Gara-Gara Ini, Pemerintah Prancis Pantau Ketat Unggas di Negaranya

Ilustrasi peternakan unggas. (Pixabay/Xuân Tuấn Anh Đặng)  

Editor: M Kautsar - Rabu, 1 Desember 2021 | 11:45 WIB

Sariagri - Pemerintah Prancis mengumumkan bahwa pihaknya telah mendeteksi adanya jenis flu burung yang sangat patogen di salah satu peternakan unggas di dekat perbatasan Belgia, sebagaimana diberitakan politico. 

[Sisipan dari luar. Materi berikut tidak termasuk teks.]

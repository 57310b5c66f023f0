//! Backups of a database to another pair of disks, while sessions go on. A target's log gets the entries that it lacks, one
//! after another, and stands for a beginning of the history at each moment. A new file of segments gets the newest trees and
//! no other nodes. Restoring is a run on the copy.
#![tactic(auto)]

mod appending;
mod backing;
mod comparing;
mod copying;
mod faults;
mod laws;
mod reading;
mod same;

pub use backing::backup;
pub use copying::{copy_roots, copy_roots_if_new};
pub use faults::{Backed, BackupFault, BackupStop, CopyFault, CopyStop};
pub use laws::a_backup_reopens_as_a_beginning;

Kasus ini merupakan pertama kalinya sejak wabah flu burung ditemukan di sebuah peternakan Prancis pada musim dingin lalu.

Kementerian Pertanian Prancis mengatakan bahwa empat kasus ditemukan di antara satwa liar dan tiga kasus dialami oleh unggas peliharaan.

Badan Makanan, Lingkungan, dan Kesehatan serta Keselamatan Kerja Prancis tengah menganalisis virus tersebut. Semua unggas di peternakan yang terkena dampak di kota barat laut Warhem akan dimusnahkan.

Sementara perimeter pengawasan sepanjang 10 kilometer telah dipasang dan seluruh pergerakan unggas dilarang di daerah tersebut.

Para peternak unggas harus mampu menjaga kandang ternak mereka dengan baik. Selain itu, pertunjukan dan pasar unggas pun dilarang buka.

Baca Juga: Gara-Gara Ini, Pemerintah Prancis Pantau Ketat Unggas di Negaranya
Demam Babi Afrika Rugikan Industri Pertanian Negara Ini

Badan Federal Belgia untuk Keamanan Rantai Makanan juga telah menerapkan langkah-langkah pengamanan di dekat perbatasan Prancis, seperti di kota De Panne, Veurne, Alveringem, dan Poperinge. 

Organisasi Kesehatan Dunia (WHO) menyebut konsumsi daging unggas aman jika dimasak dengan benar. Alasannya,  virus flu burung sangat sensitif terhadap panas. Oleh sebab itu, makanan harus dimasak hingga mencapai suhu 70 derajat Celcius di semua bagian.